WHAT YOU HAVE TO DO |
State how many lines in the listing below hold "whose", with no other words.

TASK DATA |
************

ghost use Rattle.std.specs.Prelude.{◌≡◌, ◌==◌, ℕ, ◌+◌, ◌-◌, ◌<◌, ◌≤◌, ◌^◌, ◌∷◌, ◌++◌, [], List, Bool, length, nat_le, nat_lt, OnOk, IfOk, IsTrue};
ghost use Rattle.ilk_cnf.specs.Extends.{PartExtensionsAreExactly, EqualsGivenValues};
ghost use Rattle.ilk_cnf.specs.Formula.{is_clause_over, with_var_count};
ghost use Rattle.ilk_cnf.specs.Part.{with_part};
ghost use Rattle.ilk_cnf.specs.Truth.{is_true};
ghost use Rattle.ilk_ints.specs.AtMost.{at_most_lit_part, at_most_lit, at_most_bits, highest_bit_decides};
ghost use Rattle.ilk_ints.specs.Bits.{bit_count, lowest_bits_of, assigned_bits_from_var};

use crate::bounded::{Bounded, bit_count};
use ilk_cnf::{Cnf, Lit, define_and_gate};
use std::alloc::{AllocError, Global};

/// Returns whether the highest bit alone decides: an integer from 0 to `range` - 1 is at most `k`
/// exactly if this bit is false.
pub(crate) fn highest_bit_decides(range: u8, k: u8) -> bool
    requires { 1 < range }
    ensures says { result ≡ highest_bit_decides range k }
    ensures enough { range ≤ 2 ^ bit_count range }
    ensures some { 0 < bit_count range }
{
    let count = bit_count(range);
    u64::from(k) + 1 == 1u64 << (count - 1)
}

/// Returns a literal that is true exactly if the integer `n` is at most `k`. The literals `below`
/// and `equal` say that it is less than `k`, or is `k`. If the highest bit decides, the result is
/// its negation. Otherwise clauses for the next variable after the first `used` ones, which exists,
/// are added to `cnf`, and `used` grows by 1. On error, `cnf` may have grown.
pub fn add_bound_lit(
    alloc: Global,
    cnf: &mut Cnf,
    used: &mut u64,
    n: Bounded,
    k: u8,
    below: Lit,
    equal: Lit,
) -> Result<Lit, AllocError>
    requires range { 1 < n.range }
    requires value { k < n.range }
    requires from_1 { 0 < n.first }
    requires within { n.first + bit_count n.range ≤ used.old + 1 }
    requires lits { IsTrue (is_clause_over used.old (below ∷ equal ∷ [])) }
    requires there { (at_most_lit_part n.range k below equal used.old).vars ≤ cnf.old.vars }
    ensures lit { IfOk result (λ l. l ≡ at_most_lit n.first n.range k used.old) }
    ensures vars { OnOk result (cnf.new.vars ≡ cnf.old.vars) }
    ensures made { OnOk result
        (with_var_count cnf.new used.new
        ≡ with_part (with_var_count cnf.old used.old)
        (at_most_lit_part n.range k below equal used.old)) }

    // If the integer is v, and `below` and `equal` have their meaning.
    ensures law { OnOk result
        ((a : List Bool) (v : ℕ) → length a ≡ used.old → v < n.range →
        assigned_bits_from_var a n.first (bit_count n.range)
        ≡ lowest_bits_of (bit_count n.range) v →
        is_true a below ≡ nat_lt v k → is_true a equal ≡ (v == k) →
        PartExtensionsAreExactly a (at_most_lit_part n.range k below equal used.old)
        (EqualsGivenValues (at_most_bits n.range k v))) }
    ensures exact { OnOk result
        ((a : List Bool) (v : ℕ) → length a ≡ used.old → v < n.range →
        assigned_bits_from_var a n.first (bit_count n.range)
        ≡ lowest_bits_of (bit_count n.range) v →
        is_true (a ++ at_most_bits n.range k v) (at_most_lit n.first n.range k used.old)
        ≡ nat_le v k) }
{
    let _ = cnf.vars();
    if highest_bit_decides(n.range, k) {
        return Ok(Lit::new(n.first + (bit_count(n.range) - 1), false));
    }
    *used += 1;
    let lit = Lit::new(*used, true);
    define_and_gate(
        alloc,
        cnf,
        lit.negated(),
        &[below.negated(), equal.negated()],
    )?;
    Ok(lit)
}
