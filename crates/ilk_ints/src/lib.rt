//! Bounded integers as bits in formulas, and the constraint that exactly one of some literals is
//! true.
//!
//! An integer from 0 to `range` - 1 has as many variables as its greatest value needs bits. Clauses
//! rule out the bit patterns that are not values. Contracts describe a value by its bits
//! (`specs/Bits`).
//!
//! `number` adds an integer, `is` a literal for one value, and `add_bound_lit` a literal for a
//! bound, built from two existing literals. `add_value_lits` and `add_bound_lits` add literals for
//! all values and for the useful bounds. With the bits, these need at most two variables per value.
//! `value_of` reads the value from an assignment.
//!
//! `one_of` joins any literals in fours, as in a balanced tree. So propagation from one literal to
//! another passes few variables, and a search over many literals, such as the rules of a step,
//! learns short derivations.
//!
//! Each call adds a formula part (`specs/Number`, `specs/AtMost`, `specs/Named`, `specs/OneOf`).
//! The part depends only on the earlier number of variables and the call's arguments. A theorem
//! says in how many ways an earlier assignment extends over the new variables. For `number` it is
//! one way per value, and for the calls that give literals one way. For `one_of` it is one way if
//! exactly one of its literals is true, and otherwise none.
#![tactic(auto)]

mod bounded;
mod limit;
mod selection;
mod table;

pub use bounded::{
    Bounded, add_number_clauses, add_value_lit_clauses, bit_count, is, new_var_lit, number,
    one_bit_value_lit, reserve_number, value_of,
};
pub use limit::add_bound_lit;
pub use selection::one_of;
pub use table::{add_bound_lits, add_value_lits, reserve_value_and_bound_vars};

************

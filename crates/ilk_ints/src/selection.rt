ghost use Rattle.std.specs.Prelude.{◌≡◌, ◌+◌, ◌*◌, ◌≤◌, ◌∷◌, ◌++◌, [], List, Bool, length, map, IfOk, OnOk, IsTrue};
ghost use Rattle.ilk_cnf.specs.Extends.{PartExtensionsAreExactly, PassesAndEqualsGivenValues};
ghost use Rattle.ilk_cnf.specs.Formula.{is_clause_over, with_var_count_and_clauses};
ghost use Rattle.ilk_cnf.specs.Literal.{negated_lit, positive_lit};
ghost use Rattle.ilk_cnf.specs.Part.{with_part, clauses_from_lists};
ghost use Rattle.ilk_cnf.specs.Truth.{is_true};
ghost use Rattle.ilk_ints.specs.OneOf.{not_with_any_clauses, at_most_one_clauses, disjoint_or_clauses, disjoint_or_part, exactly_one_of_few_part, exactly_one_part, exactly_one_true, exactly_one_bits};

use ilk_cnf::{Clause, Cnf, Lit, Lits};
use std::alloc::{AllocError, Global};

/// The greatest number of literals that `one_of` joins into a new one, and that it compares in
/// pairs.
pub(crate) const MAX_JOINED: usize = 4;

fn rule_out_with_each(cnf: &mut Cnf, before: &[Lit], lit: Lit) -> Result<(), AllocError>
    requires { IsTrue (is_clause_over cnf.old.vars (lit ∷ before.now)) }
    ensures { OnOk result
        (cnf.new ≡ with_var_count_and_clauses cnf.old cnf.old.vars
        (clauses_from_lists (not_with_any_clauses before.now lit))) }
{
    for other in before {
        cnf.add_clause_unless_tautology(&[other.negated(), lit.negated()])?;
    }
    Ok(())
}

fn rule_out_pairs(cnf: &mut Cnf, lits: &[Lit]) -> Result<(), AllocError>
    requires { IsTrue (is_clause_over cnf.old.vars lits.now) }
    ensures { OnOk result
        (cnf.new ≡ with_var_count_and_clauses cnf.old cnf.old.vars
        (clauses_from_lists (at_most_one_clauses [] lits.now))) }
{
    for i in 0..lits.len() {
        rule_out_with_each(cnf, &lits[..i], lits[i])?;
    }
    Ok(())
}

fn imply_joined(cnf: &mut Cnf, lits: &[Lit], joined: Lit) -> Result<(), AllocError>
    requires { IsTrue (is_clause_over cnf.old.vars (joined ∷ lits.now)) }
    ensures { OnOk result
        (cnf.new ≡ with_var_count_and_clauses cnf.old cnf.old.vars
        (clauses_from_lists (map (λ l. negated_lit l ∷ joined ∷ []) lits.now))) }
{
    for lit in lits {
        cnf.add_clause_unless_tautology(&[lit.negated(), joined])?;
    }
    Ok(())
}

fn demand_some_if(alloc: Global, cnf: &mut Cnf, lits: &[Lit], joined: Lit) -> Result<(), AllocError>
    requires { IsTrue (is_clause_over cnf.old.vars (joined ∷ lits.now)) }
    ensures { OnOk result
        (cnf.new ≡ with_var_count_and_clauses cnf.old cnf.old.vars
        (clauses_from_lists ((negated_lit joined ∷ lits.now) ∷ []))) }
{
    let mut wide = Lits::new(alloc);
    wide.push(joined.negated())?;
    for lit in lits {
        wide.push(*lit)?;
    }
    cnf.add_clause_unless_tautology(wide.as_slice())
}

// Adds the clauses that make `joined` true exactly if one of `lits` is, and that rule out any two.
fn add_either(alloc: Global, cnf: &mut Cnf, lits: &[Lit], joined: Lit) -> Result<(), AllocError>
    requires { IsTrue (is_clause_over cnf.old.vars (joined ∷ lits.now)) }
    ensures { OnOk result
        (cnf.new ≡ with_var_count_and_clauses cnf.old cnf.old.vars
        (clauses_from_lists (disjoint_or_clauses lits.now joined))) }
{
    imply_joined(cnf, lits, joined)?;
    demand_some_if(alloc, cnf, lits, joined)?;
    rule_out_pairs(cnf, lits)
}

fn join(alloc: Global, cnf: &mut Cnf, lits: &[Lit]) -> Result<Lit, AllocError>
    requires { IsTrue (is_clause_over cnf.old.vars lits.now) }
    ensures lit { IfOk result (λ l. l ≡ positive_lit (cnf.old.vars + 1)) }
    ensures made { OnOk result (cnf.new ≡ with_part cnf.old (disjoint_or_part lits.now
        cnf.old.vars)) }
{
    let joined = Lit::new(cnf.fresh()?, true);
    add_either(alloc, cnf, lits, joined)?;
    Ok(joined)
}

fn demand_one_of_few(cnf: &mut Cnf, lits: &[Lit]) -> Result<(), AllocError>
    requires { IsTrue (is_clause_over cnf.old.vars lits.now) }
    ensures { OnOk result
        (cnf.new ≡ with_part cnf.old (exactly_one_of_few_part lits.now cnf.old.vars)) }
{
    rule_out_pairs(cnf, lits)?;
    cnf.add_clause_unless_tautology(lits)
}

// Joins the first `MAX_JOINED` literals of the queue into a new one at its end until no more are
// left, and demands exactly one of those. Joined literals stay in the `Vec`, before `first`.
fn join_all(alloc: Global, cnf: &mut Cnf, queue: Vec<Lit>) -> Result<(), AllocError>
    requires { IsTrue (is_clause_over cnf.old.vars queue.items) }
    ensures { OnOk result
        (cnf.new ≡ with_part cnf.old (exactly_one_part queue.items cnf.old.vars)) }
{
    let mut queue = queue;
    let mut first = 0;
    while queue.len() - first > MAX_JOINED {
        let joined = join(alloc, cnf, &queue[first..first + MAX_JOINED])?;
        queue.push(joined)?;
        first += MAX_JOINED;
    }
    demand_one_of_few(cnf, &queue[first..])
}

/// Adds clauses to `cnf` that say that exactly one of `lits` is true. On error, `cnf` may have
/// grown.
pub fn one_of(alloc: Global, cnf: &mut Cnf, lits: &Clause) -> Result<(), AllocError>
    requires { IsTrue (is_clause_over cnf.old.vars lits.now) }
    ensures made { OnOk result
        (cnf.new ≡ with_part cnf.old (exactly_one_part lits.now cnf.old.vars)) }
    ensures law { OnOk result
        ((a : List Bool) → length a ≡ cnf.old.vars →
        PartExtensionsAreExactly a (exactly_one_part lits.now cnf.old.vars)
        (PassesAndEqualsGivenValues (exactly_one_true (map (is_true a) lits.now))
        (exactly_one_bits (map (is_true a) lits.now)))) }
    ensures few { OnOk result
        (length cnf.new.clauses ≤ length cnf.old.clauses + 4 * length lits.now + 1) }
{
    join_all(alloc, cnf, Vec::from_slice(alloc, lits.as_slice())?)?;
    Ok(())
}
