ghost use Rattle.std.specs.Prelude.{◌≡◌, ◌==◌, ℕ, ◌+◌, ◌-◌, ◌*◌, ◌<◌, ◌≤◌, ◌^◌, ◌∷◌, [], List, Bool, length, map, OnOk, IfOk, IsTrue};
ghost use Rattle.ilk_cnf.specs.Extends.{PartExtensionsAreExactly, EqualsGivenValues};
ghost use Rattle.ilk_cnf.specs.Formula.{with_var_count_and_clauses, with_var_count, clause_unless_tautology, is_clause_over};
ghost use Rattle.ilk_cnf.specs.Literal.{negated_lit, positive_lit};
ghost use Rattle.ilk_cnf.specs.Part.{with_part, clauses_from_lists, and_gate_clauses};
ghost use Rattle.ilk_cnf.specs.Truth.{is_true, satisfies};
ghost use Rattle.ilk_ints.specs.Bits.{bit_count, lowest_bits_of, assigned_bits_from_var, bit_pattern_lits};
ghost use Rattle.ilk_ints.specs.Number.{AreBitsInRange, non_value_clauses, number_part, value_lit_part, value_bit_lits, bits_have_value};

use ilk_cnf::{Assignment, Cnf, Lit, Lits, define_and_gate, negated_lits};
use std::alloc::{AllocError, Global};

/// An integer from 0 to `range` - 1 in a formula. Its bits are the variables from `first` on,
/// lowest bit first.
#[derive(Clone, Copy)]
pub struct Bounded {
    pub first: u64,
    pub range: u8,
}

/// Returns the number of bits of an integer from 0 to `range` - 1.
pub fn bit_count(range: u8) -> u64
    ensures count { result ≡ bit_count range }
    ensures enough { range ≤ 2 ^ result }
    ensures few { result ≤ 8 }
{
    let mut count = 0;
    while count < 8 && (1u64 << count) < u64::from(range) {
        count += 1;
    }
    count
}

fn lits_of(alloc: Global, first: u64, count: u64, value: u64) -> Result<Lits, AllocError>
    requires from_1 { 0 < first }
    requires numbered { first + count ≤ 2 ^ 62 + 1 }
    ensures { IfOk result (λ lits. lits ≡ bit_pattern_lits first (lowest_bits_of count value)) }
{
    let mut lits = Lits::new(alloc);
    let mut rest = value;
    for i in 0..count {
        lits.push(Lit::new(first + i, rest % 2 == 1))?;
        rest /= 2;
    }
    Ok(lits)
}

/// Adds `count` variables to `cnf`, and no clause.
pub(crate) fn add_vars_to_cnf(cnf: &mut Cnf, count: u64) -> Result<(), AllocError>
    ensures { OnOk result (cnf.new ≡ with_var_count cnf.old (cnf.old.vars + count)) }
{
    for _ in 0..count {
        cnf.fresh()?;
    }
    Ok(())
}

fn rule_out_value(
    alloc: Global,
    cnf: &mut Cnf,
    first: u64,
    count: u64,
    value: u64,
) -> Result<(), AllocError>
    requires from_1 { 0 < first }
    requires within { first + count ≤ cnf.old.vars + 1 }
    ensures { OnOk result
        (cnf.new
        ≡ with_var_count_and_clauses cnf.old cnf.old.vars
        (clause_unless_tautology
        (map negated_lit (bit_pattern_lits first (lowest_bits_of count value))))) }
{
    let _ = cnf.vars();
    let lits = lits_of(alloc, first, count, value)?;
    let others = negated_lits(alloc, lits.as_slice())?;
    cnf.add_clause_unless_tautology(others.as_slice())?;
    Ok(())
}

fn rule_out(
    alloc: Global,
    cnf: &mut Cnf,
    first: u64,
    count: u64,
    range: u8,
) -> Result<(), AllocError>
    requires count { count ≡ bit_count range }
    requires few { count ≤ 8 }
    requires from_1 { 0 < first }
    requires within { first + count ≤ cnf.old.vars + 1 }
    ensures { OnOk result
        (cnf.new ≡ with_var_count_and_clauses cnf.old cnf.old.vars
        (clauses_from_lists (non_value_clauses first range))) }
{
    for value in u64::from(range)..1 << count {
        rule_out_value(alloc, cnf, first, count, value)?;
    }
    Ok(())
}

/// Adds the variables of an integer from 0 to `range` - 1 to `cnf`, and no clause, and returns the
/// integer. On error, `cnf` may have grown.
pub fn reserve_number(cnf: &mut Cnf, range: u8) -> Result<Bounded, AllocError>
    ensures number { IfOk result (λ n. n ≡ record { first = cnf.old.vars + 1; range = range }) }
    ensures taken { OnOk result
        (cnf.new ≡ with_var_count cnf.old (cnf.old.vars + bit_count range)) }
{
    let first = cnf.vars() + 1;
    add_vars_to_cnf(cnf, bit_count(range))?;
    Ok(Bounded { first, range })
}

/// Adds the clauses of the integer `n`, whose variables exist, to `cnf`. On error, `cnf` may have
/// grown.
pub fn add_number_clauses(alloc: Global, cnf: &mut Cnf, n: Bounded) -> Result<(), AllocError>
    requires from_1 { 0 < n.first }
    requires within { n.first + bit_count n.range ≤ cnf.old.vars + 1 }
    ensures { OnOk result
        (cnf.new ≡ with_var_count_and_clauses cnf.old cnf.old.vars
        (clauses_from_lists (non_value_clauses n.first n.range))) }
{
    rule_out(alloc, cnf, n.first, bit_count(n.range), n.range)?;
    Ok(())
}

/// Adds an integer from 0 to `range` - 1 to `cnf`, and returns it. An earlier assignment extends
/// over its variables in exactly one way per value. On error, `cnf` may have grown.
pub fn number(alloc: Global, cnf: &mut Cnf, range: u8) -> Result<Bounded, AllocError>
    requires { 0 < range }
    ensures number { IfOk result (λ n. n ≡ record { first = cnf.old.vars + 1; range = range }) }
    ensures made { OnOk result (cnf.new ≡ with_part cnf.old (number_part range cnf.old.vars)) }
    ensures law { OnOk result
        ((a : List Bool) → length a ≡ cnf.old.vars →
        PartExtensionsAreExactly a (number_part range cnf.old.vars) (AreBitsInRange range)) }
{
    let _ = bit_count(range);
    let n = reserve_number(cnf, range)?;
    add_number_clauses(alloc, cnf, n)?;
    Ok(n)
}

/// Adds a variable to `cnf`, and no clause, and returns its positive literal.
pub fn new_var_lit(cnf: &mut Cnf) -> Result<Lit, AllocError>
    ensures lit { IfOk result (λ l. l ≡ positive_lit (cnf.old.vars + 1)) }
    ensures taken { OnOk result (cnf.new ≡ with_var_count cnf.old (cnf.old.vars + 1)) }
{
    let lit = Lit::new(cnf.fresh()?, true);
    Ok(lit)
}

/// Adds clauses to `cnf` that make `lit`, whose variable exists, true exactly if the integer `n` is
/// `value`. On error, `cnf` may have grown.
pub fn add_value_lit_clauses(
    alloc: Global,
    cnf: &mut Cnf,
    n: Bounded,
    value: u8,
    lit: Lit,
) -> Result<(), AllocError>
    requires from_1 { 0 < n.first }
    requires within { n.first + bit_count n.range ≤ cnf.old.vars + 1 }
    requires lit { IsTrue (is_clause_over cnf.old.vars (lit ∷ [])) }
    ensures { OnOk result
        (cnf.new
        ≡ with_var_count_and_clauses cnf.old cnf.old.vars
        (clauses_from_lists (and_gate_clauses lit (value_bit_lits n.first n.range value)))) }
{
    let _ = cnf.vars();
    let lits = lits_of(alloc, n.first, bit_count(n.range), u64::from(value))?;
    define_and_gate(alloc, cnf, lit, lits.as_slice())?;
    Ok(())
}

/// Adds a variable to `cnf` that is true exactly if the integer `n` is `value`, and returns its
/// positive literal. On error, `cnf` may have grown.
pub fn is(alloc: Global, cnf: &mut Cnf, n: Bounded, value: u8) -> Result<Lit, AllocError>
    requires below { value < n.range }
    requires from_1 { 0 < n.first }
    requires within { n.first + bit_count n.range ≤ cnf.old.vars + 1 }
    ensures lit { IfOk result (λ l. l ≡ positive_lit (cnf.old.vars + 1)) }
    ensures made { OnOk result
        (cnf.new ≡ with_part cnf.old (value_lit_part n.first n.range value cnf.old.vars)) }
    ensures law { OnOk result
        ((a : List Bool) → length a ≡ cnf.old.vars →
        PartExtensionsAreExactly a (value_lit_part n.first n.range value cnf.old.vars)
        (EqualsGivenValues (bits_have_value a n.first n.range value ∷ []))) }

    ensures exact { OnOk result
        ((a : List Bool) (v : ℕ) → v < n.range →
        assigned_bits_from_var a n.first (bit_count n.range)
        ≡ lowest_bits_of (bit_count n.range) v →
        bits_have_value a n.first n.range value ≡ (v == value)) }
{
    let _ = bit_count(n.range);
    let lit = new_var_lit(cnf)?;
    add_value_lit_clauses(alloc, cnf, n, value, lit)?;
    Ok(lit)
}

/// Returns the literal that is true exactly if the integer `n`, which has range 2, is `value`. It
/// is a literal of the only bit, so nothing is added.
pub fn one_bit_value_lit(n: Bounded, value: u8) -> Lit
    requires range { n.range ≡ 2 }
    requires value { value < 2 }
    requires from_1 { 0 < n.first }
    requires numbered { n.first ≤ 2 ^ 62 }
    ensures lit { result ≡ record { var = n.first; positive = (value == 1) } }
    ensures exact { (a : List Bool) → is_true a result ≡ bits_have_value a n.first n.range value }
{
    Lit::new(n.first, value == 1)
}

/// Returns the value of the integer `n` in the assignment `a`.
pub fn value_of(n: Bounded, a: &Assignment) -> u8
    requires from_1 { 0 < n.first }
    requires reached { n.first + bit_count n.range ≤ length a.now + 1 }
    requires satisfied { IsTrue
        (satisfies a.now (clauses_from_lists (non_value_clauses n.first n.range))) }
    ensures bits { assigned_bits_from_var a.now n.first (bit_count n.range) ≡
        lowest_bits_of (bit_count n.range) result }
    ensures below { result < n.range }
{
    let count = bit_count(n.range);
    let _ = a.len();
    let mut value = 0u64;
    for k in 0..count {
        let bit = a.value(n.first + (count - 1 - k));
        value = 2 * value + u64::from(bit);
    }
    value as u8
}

************

SOLUTION TO THIS PROBLEM |
2